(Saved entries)

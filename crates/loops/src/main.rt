// Shows a loop among the links of the bundle on standard input, of up to 65,536 bytes: `none`, or its record
// numbers, with --explain each link in words besides.
#![tactic(auto)]

ghost use Rattle.loops.specs.Printed.{PrintsLoop};

use loop_text::tell_loop;
use parts::part;
use program_io::{Host, Input, argument_count, argument_in, complain, fail, print, read_all};
use report::put_counted;

// Puts the text of a bundle at the front of an output, as far as there is room, and answers how much
// stands there.
fn put_told(bundle: &[u8], explained: bool, out: &mut [u8]) -> usize
    ensures { PrintsLoop explained bundle.now out.old out.new result }
{
    if 65536 < bundle.len() {
        return put_counted(out, 0, b"bundle ", 1);
    }
    let mut work = [0u32; 40960];
    let mut list = [0u32; 4096];
    tell_loop(bundle, explained, &mut work, &mut list, out)
}

// Looks through standard input, with memory for the bundle and a byte more, and for the text.
fn answer(rt: &impl Host, explained: bool, bundle: &mut [u8], text: &mut [u8]) {
    match read_all(&mut rt.input(), bundle) {
        Input::Whole { n } => {
            let length = put_told(part(bundle, 0, n), explained, text);
            print(rt, part(text, 0, length));
        }
        Input::Failed { error } => fail(rt, b"standard input", &error),
    }
}

// The same with memory of its own. The text has at most 4,096 lines of at most 303 bytes, and the numbers.
fn answer_with_memory(rt: &impl Host, explained: bool) {
    let mut bundle = [0u8; 65537];
    let mut text = [0u8; 1280000];
    answer(rt, explained, &mut bundle, &mut text);
}

// Whether the first argument asks for an explanation.
fn is_explain(rt: &impl Host) -> bool {
    let mut word = [0u8; 16];
    let n = argument_in(rt, 1, &mut word);
    part(&word, 0, n) == b"--explain".as_slice()
}

fn main(rt: HostRuntime) {
    let count = argument_count(&rt);
    if count <= 1 {
        answer_with_memory(&rt, false);
        return;
    }
    if count == 2 {
        if is_explain(&rt) {
            answer_with_memory(&rt, true);
            return;
        }
    }
    complain(
        &rt,
        b"usage",
        b"loops [--explain], with a bundle on standard input",
    );
}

* **Task description**
Check each line of the entries for the string "main". Copy the lines that have it.

* **Solution to this task**
filename crates/loops/src/main.rt
fn main(rt: HostRuntime) {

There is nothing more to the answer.